Name Type Description
stt obj

Exposes transcribe_clip and transcribe_file method

diarizer obj

Exposes diarize_file method

common_hallucinations list[str]

List of common hallucinations produced by the whisper stt model.

Source code in backend/app/utils/stt/transcriber.py
class Transcriber:
    """Wraps the whisper module with pyannotate diarization and microphone recording.

        When transcribing a clip it will just return the text, but when transcribing a
        file there is the option to return diarized speech. When diarizing, it will save
        the diarized text to a csv.

        Args:
            model_size (str, optional): Size of the whisper model to use. Defaults to "medium".
            save_dir (str, optional): Location to save the transcribed audio. Defaults to None.

        Attributes:
            stt (obj): Exposes transcribe_clip and transcribe_file method
            diarizer (obj): Exposes diarize_file method
            common_hallucinations (list[str]): List of common hallucinations
                produced by the whisper stt model."""
    def __init__(self, model_size: str = "medium", save_dir: str = None) -> None:
        self.common_hallucinations = ["        you","       You",
            "          Thanks for watching!","  Thank you for watching!",
            "        THANK YOU FOR WATCHING!","   THANKS FOR WATCHING!",
            "Thanks for watching! Don't forget to like, comment and subscribe!"]
        if not save_dir:
            save_dir = tempfile.mkdtemp()
        self.save_dir = save_dir
        self.stt = WhisperSTT(model_size=model_size, save_dir=save_dir)
        self.diarizer = PyannoteDiarize(save_dir=save_dir)

    def transcribe_clip(self, audio_clip: AudioSegment) -> str:
        """Transcribes audio segment

            Args:
                audio_clip (AudioSegment): bytes read from a file containing speech

            Returns:
                str: the transcribed text. returns "" if the audio was a hallucination"""
        text_transcribed = self.stt.transcribe_clip(audio_clip)
        for option in self.common_hallucinations:
            if text_transcribed in option:
                return ""
        return text_transcribed

    def transcribe_file(self, file_name: str, diarize: bool = False) -> str:
        """Transcribe a file, diarize if specified.
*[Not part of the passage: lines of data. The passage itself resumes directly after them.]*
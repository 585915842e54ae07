//! Union of lists in blocks. Blocks that do not overlap the other list are shared.
ghost use Rattle.std.specs.FinSet as set;
ghost use Rattle.std.specs.Prelude.{◌≡◌, ◌+◌, ◌<◌, ◌≤◌, ◌||◌, ◌++◌, ◌∷◌, [], List, ℕ, IfOk, IfSome, OnOk};
ghost use Rattle.moc_blocks.specs.RangeList.{IsNormal, set_of};
ghost use Rattle.moc_blocks.specs.Private.Blocks.{next_of};
ghost use Rattle.moc_blocks.specs.Private.Built.{ranges_of, CanMerge};
ghost use Rattle.moc_operations.specs.Private.Taking.{CanMove, MovesNext, TakesFirst, IsMerging, MovesBoth};

use crate::lookahead::are_uneven;
use crate::slice::union_slices;
use moc_lists::{BlockAndTail, ListBuilder, RangeList, Ranges, extend_or_push};
use std::alloc::{AllocError, Global};

/// Moves the next range of a list to the result; it begins at or before the limit.
#[inline]
fn push_next(
    alloc: Global,
    xs: &mut Ranges<'_>,
    limit: u64,
    built: &mut ListBuilder,
) -> Result<(), AllocError>
    requires { CanMove xs.old limit built.old }
    ensures { OnOk result (MovesNext xs.old xs.new limit built.old built.new) }
{
    if let Some(range) = xs.next() {
        built.push_or_merge(alloc, range.0, range.1)?;
    }
    Ok(())
}

/// Moves the next ranges of the current block that end below the limit, or only the next range, to the result.
fn move_ranges(
    alloc: Global,
    xs: &mut Ranges<'_>,
    limit: u64,
    built: &mut ListBuilder,
) -> Result<(), AllocError>
    requires { CanMove xs.old limit built.old }
    ensures { OnOk result (MovesNext xs.old xs.new limit built.old built.new) }
{
    if built.ends_before(xs.next_from()) {
        if let Some(ranges) = xs.take_ranges_below(limit) {
            return built.push_all(alloc, ranges);
        }
    }
    push_next(alloc, xs, limit, built)
}

/// Moves the next node or block of a list, if it ends below the limit, or only the next range, to the result.
fn move_blocks(
    alloc: Global,
    xs: &mut Ranges<'_>,
    limit: u64,
    built: &mut ListBuilder,
) -> Result<(), AllocError>
    requires { CanMove xs.old limit built.old }
    ensures { OnOk result (MovesNext xs.old xs.new limit built.old built.new) }
{
    if built.ends_before(xs.next_from()) {
        let carried = built.push_shared_next(alloc, xs, limit)?;
        if carried {
            return Ok(());
        }
    }
    push_next(alloc, xs, limit, built)
}

/// Moves the next ranges, block or node of a list, if they end below the limit, or only the next range, to the result.
#[inline]
fn move_next(
    alloc: Global,
    xs: &mut Ranges<'_>,
    limit: u64,
    built: &mut ListBuilder,
) -> Result<(), AllocError>
    requires { CanMove xs.old limit built.old }
    ensures { OnOk result (MovesNext xs.old xs.new limit built.old built.new) }
{
    if xs.is_in_block() {
        return move_ranges(alloc, xs, limit, built);
    }
    move_blocks(alloc, xs, limit, built)
}

/// A range, and the remaining ranges of two blocks after it.
#[derive(Clone, Copy)]
struct FirstRange<'a, 'b> {
    range: (u64, u64),
    xs: &'a [(u64, u64)],
    ys: &'b [(u64, u64)],
}

/// Returns the range of two blocks that begins first, or `None` if one of them has no more ranges.
#[inline]
fn take_first<'a, 'b>(xs: &'a [(u64, u64)], ys: &'b [(u64, u64)]) -> Option<FirstRange<'a, 'b>>
    ensures { IfSome result (λ t. (tail_xs tail_ys : List (ℕ × ℕ)) → IsNormal (xs.entry.now ++ tail_xs) →
        IsNormal (ys.entry.now ++ tail_ys) → TakesFirst (xs.entry.now ++ tail_xs) (ys.entry.now ++ tail_ys)
        t.range (t.xs.now ++ tail_xs) (t.ys.now ++ tail_ys)) }
{
    let [x, more_xs @ ..] = xs else {
        return None;
    };
    let [y, more_ys @ ..] = ys else {
        return None;
    };
    let x = *x;
    let y = *y;
    if x.0 <= y.0 {
        Some(FirstRange {
            range: x,
            xs: more_xs,
            ys,
        })
    } else {
        Some(FirstRange {
            range: y,
            xs,
            ys: more_ys,
        })
    }
}

/// The remaining ranges of two blocks, and the open range.
#[derive(Clone, Copy)]
struct Remaining<'a, 'b> {
    last: (u64, u64),
    xs: &'a [(u64, u64)],
    ys: &'b [(u64, u64)],
}

/// Merges the ranges of two blocks until one has no more.
#[inline]
fn merge_ranges<'a, 'b>(
    alloc: Global,
    last: (u64, u64),
    first: &BlockAndTail<'a>,
    second: &BlockAndTail<'b>,
    built: &mut ListBuilder,
) -> Result<Remaining<'a, 'b>, AllocError>
    requires opened { IsNormal (ranges_of built.old ++ last ∷ []) }
    requires first_normal { IsNormal (first.now.ranges.now ++ first.now.tail) }
    requires second_normal { IsNormal (second.now.ranges.now ++ second.now.tail) }
    requires first_later { last.0 ≤ next_of (first.now.ranges.now ++ first.now.tail) }
    requires second_later { last.0 ≤ next_of (second.now.ranges.now ++ second.now.tail) }
    ensures { IfOk result (λ l. IsMerging (ranges_of built.new) l.last
        (l.xs.now ++ first.now.tail) (l.ys.now ++ second.now.tail)
        (ranges_of built.old ++ last ∷ [])
        (first.now.ranges.now ++ first.now.tail) (second.now.ranges.now ++ second.now.tail)) }
{
    let mut last = last;
    let mut xs = first.ranges;
    let mut ys = second.ranges;
    while let Some(turn) = take_first(xs, ys) {
        last = extend_or_push(alloc, last, turn.range, built)?;
        xs = turn.xs;
        ys = turn.ys;
    }
    Ok(Remaining { last, xs, ys })
}

/// Merges the ranges of two lists, until one block has no more. Does nothing if `turns` is not set, if a list is
/// between blocks, or if the builder has no range that can be extended.
fn merge_blocks(
    alloc: Global,
    xs: &mut Ranges<'_>,
    ys: &mut Ranges<'_>,
    turns: bool,
    built: &mut ListBuilder,
) -> Result<(), AllocError>
    requires first_normal { IsNormal xs.old }
    requires second_normal { IsNormal ys.old }
    requires built { IsNormal (ranges_of built.old) }
    requires can_first { CanMerge built.old (next_of xs.old) }
    requires can_second { CanMerge built.old (next_of ys.old) }
    ensures { OnOk result (MovesBoth xs.old xs.new ys.old ys.new built.old built.new) }
{
    if !turns || !xs.is_in_block() || !ys.is_in_block() {
        return Ok(());
    }
    let Some(last) = built.pop() else {
        return Ok(());
    };
    let first = xs.split_block();
    let second = ys.split_block();
    let left = merge_ranges(alloc, last, &first, &second, built)?;
    xs.resume(left.xs, first.tail);
    ys.resume(left.ys, second.tail);
    built.push(alloc, left.last.0, left.last.1)?;
    Ok(())
}

/// Returns the union of two lists. If `turns` is set, two blocks are merged range by range.
fn union_lists(
    alloc: Global,
    mut xs: Ranges<'_>,
    mut ys: Ranges<'_>,
    turns: bool,
) -> Result<RangeList, AllocError>
    requires xs { IsNormal xs }
    requires ys { IsNormal ys }
    ensures { IfOk result (λ l. set_of l ≡ set.union (set_of xs.entry) (set_of ys.entry)) }
{
    let mut built = ListBuilder::new(alloc, xs.capacity() + ys.capacity())?;
    loop {
        merge_blocks(alloc, &mut xs, &mut ys, turns, &mut built)?;
        let x = xs.next_from();
        let y = ys.next_from();
        if x <= y {
            if x == u64::MAX {
                return built.finish(alloc);
            }
            move_next(alloc, &mut xs, y, &mut built)?;
        } else {
            move_next(alloc, &mut ys, x, &mut built)?;
        }
    }
}

/// Returns the union of two lists: the pixels that are in either of them.
///
/// # Errors
///
/// Fails if an allocation fails.
pub fn union(alloc: Global, xs: Ranges<'_>, ys: Ranges<'_>) -> Result<RangeList, AllocError>
    requires xs { IsNormal xs }
    requires ys { IsNormal ys }
    ensures { IfOk result (λ l. set_of l ≡ set.union (set_of xs.entry) (set_of ys.entry)) }
{
    if let Some(slice) = xs.slice()
        && let Some(others) = ys.slice()
    {
        return union_slices(alloc, slice, others);
    }
    let turns = !are_uneven(&xs, &ys);
    union_lists(alloc, xs, ys, turns)
}
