//! How far an operation on two lists looks ahead before it searches.
use moc_lists::Ranges;

/// The number of ranges to look ahead if one list has many times as many as the other.
pub const NEAR: usize = 3;

/// The number of ranges to look ahead if the lists have similar lengths, and a block is processed without branches: a
/// search costs less than this number of steps.
pub const FAR: usize = 32;

/// Lists have similar lengths if neither has more than this number of times as many ranges as the other.
const UNEVEN: usize = 8;

/// Returns whether one list has many times as many ranges as the other.
#[inline]
pub fn are_uneven(xs: &Ranges<'_>, ys: &Ranges<'_>) -> bool {
    let first = xs.size_hint().0;
    let second = ys.size_hint().0;
    first / UNEVEN > second || second / UNEVEN > first
}

/// Returns whether both lists have blocks, and neither has many times as many ranges as the other.
#[inline]
pub fn are_even(xs: &Ranges<'_>, ys: &Ranges<'_>) -> bool {
    xs.slice().is_none() && ys.slice().is_none() && !are_uneven(xs, ys)
}
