//! Symmetric difference of lists in blocks.
ghost use Rattle.std.specs.Bool.{OnTrue, OnFalse};
ghost use Rattle.std.specs.Prelude.{◌≡◌, ◌+◌, ◌<◌, ◌≤◌, ◌++◌, ◌∷◌, ◌⊎◌, [], List, ℕ, length, min, take, drop};
ghost use Rattle.std.specs.Prelude.{IfOk, OnOk};
ghost use Rattle.moc_blocks.specs.RangeList.{pixel_count, IsNormal, set_of};
ghost use Rattle.moc_operations.specs.Operations.{symmetric};
ghost use Rattle.moc_blocks.specs.Lemmas.Members.{in_ranges};
ghost use Rattle.moc_blocks.specs.Private.Built.{ranges_of, EndsBelow};
ghost use Rattle.moc_operations.specs.Private.Walks.{from_current};
ghost use Rattle.moc_operations.specs.Private.Differing.{exactly_one, IsSymmetricStep, IsRemovedFromBoth};
ghost use Rattle.moc_operations.specs.Private.SymmetricBounds.{restored_range, HasBounds, KeepsBounds, IsBoundsStep};

use crate::lookahead::are_even;
use crate::sharing::{next_after_shared, push_part, push_shared_below, start_of};
use crate::symmetric_bounds::{MAX_BOUNDS, push_pairs, symmetric_bounds};
use moc_lists::{BlockAndTail, ListBuilder, MAX_BLOCK_RANGES, RangeList, Ranges};
use std::alloc::{AllocError, Global};

/// Removes `x`, which ends before `y`, from both ranges, and appends what exactly one of them has of it to the result.
/// Returns the rest of `y`, or both merged if they touch.
#[inline]
fn part(
    alloc: Global,
    x: (u64, u64),
    y: (u64, u64),
    built: &mut ListBuilder,
) -> Result<(u64, u64), AllocError>
    requires normal { IsNormal (ranges_of built.old) }
    requires filled { x.0 < x.1 }
    requires other { y.0 < y.1 }
    requires ends { x.1 < y.1 }
    requires within { y.1 ≤ pixel_count }
    requires after { EndsBelow (min x.0 y.0) (ranges_of built.old) }
    ensures { IfOk result (λ z. IsRemovedFromBoth x y z (ranges_of built.old) (ranges_of built.new)) }
{
    if x.1 < y.0 {
        built.push(alloc, x.0, x.1)?;
        return Ok(y);
    }
    if x.1 == y.0 {
        return Ok((x.0, y.1));
    }
    push_part(alloc, x.0.min(y.0), x.0.max(y.0), built)?;
    Ok((x.1, y.1))
}

/// The next range of a list after one was passed, if there is one, and the rest of the other list's range.
#[derive(Clone, Copy)]
struct NextAndRest {
    next: Option<(u64, u64)>,
    left: (u64, u64),
}

/// Passes a range of a list that ends before a range of another list.
#[inline]
fn remove_first(
    alloc: Global,
    x: (u64, u64),
    y: (u64, u64),
    xs: &mut Ranges<'_>,
    built: &mut ListBuilder,
) -> Result<NextAndRest, AllocError>
    requires built { IsNormal (ranges_of built.old) }
    requires normal { IsNormal (x ∷ xs.old) }
    requires other { y.0 < y.1 }
    requires ends { x.1 < y.1 }
    requires within { y.1 ≤ pixel_count }
    requires after { EndsBelow (min x.0 y.0) (ranges_of built.old) }
    ensures on { IfOk result (λ p. (ys whole_xs whole_ys : List (ℕ × ℕ)) →
        IsSymmetricStep (ranges_of built.old) (x ∷ xs.old) (y ∷ ys) whole_xs whole_ys →
        IsSymmetricStep (ranges_of built.new) (from_current p.next xs.new) (p.left ∷ ys) whole_xs whole_ys) }
    ensures fewer { IfOk result (λ p. length (from_current p.next xs.new) ≤ length xs.old) }
{
    let left = part(alloc, x, y, built)?;
    let next = next_after_shared(alloc, xs, left.0, built)?;
    Ok(NextAndRest { next, left })
}

/// Returns the list of the result, a range after it, if there is one, and the rest of its list.
fn finish_symmetric(
    alloc: Global,
    first: Option<(u64, u64)>,
    mut xs: Ranges<'_>,
    mut built: ListBuilder,
) -> Result<RangeList, AllocError>
    requires { IsNormal (ranges_of built ++ from_current first xs) }
    ensures { IfOk result (λ l. l ≡ ranges_of built ++ from_current first xs.entry) }
{
    let mut next = first;
    while let Some(x) = next {
        built.push(alloc, x.0, x.1)?;
        next = next_after_shared(alloc, &mut xs, u64::MAX, &mut built)?;
    }
    built.finish(alloc)
}

/// Returns the pixels that exactly one of two lists has, range by range.
fn symmetric_lists(
    alloc: Global,
    mut xs: Ranges<'_>,
    mut ys: Ranges<'_>,
) -> Result<RangeList, AllocError>
    requires xs { IsNormal xs }
    requires ys { IsNormal ys }
    ensures { IfOk result (λ l. set_of l ≡ symmetric (set_of xs.entry) (set_of ys.entry)) }
{
    let mut built = ListBuilder::new(alloc, xs.capacity() + ys.capacity())?;
    let mut first = next_after_shared(alloc, &mut xs, ys.next_from(), &mut built)?;
    let mut second = next_after_shared(alloc, &mut ys, start_of(first), &mut built)?;
    while let Some(x) = first {
        let Some(y) = second else {
            return finish_symmetric(alloc, first, xs, built);
        };
        if x.1 < y.1 {
            let passed = remove_first(alloc, x, y, &mut xs, &mut built)?;
            first = passed.next;
            second = Some(passed.left);
        } else if y.1 < x.1 {
            let passed = remove_first(alloc, y, x, &mut ys, &mut built)?;
            first = Some(passed.left);
            second = passed.next;
        } else {
            push_part(alloc, x.0.min(y.0), x.0.max(y.0), &mut built)?;
            first = next_after_shared(alloc, &mut xs, ys.next_from(), &mut built)?;
            second = next_after_shared(alloc, &mut ys, start_of(first), &mut built)?;
        }
    }
    finish_symmetric(alloc, second, ys, built)
}

/// The number of bounds of the next range of each list that were passed, and the open bound if one was passed.
#[derive(Clone, Copy)]
struct OpenBound {
    first: usize,
    second: usize,
    bound: Option<u64>,
}

/// Returns the first ranges, at most as many as fit into a block.
#[inline]
fn first_ranges(ranges: &[(u64, u64)]) -> &[(u64, u64)]
    ensures part { result.now ≡ take (length result.now) ranges.entry.now }
    ensures fits { length result.now ≤ MAX_BLOCK_RANGES }
    ensures some { 0 < length ranges.entry.now → 0 < length result.now }
    ensures within { length result.now ≤ length ranges.entry.now }
{
    &ranges[..ranges.len().min(MAX_BLOCK_RANGES)]
}

/// Continues after the first `passed` ranges of the current or next block of a list. If there are none, the list is
/// unchanged, so that the block can be appended whole.
fn resume_after<'a>(xs: &mut Ranges<'a>, block: BlockAndTail<'a>, passed: usize)
    requires within { passed ≤ length block.ranges.now }
    requires parts { block.ranges.now ++ block.tail ≡ xs.old }
    requires normal { IsNormal xs.old }
    ensures { xs.new ≡ drop passed block.entry.ranges.now ++ block.entry.tail }
{
    if passed > 0 {
        xs.resume(&block.ranges[passed..], block.tail);
    }
}

/// Appends the symmetric difference of the current or next blocks of two lists, until one of them has no more bounds.
/// Returns whether both lists had a block.
fn symmetric_block(
    alloc: Global,
    xs: &mut Ranges<'_>,
    ys: &mut Ranges<'_>,
    opened: &mut OpenBound,
    buffer: &mut [u64; MAX_BOUNDS],
    built: &mut ListBuilder,
) -> Result<bool, AllocError>
    requires started { HasBounds (ranges_of built.old) opened.old xs.old ys.old }
    ensures on { OnOk result
        (KeepsBounds (ranges_of built.old) (ranges_of built.new) opened.old opened.new xs.old xs.new ys.old ys.new) }
    ensures some { IfOk result (λ met. OnTrue met (length xs.new + length ys.new < length xs.old + length ys.old)) }
    ensures none { IfOk result (λ met. OnFalse met ((xs.new ≡ []) ⊎ (ys.new ≡ []))) }
{
    let Some(first) = xs.next_block() else {
        return Ok(false);
    };
    let Some(second) = ys.next_block() else {
        return Ok(false);
    };
    let crossed = symmetric_bounds(
        first_ranges(first.ranges),
        first_ranges(second.ranges),
        (opened.first, opened.second),
        opened.bound,
        buffer,
    );
    opened.bound = push_pairs(alloc, &buffer[..crossed.written], built)?;
    opened.first = crossed.first % 2;
    opened.second = crossed.second % 2;
    resume_after(xs, first, crossed.first / 2);
    resume_after(ys, second, crossed.second / 2);
    Ok(true)
}

/// Appends the nodes and blocks of each list that end before the other's next range, in turn, until neither list has
/// one. Appends none if a bound is open.
fn push_shared_apart(
    alloc: Global,
    xs: &mut Ranges<'_>,
    ys: &mut Ranges<'_>,
    opened: &OpenBound,
    built: &mut ListBuilder,
) -> Result<(), AllocError>
    requires started { HasBounds (ranges_of built.old) opened.now xs.old ys.old }
    ensures on { OnOk result
        (KeepsBounds (ranges_of built.old) (ranges_of built.new) opened.now opened.now xs.old xs.new ys.old ys.new) }
    ensures fewer { OnOk result (length xs.new + length ys.new ≤ length xs.old + length ys.old) }
{
    let None = opened.bound else {
        return Ok(());
    };
    loop {
        push_shared_below(alloc, xs, ys.next_from(), built)?;
        let carried = built.push_shared_next(alloc, ys, xs.next_from())?;
        if !carried {
            return Ok(());
        }
    }
}

/// Returns the next range of a list, which begins at the open bound if its first bound was passed.
#[inline]
fn restore_range(range: Option<(u64, u64)>, passed: usize, bound: Option<u64>) -> Option<(u64, u64)>
    ensures { result ≡ restored_range range passed bound }
{
    match (range, bound) {
        (Some(range), Some(bound)) if passed == 1 => Some((bound, range.1)),
        _ => range,
    }
}

/// Returns the list of the result and the rest of the list that has more ranges.
fn finish_symmetric_blocks(
    alloc: Global,
    mut xs: Ranges<'_>,
    mut ys: Ranges<'_>,
    opened: OpenBound,
    built: ListBuilder,
) -> Result<RangeList, AllocError>
    requires started { HasBounds (ranges_of built) opened xs ys }
    requires ended { (xs ≡ []) ⊎ (ys ≡ []) }
    ensures { IfOk result (λ l. (whole_xs whole_ys : List (ℕ × ℕ)) → IsBoundsStep (ranges_of built)
        opened.bound opened.first opened.second xs.entry ys.entry whole_xs whole_ys →
        (q : ℕ) → in_ranges l q ≡ exactly_one (in_ranges whole_xs q) (in_ranges whole_ys q)) }
{
    let first = restore_range(xs.next(), opened.first, opened.bound);
    let second = restore_range(ys.next(), opened.second, opened.bound);
    match first {
        None => finish_symmetric(alloc, second, ys, built),
        Some(_) => finish_symmetric(alloc, first, xs, built),
    }
}

/// Returns the pixels that exactly one of two lists has, block by block.
fn symmetric_blocks(
    alloc: Global,
    mut xs: Ranges<'_>,
    mut ys: Ranges<'_>,
) -> Result<RangeList, AllocError>
    requires xs { IsNormal xs }
    requires ys { IsNormal ys }
    ensures { IfOk result (λ l. set_of l ≡ symmetric (set_of xs.entry) (set_of ys.entry)) }
{
    let mut built = ListBuilder::new(alloc, xs.capacity() + ys.capacity())?;
    let mut buffer = [0; MAX_BOUNDS];
    let mut opened = OpenBound {
        first: 0,
        second: 0,
        bound: None,
    };
    loop {
        push_shared_apart(alloc, &mut xs, &mut ys, &opened, &mut built)?;
        let met = symmetric_block(
            alloc,
            &mut xs,
            &mut ys,
            &mut opened,
            &mut buffer,
            &mut built,
        )?;
        if !met {
            return finish_symmetric_blocks(alloc, xs, ys, opened, built);
        }
    }
}

/// Returns the symmetric difference of two lists: the pixels that exactly one of them has.
///
/// # Errors
///
/// Fails if an allocation fails.
pub fn symmetric(alloc: Global, xs: Ranges<'_>, ys: Ranges<'_>) -> Result<RangeList, AllocError>
    requires xs { IsNormal xs }
    requires ys { IsNormal ys }
    ensures { IfOk result (λ l. set_of l ≡ symmetric (set_of xs.entry) (set_of ys.entry)) }
{
    if are_even(&xs, &ys) {
        return symmetric_blocks(alloc, xs, ys);
    }
    symmetric_lists(alloc, xs, ys)
}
            Transcribes a complete audio file, will save diarized speech if
            diarize is True.

            Args:
                file_name (str): Path to audio file.
                diarize (bool, optional): Diarize the audio. Defaults to False.

            Returns:
                str: transcription of text from audio."""
        transcription_obj = self.stt.transcribe_file(file_name)

        if not diarize:
            return transcription_obj["text"]
        else:
            diarization_segments = self.diarize_file(file_name=file_name)

            diarized_speech = self._label_transcription(
                transcription_obj["segments"], diarization_segments)

            final_diarization = self._combine_speaker_segments(diarized_speech)

            final_save_path = os.path.join(self.save_dir, "diarized_transcription.csv")
            self.save_csv(final_diarization, final_save_path)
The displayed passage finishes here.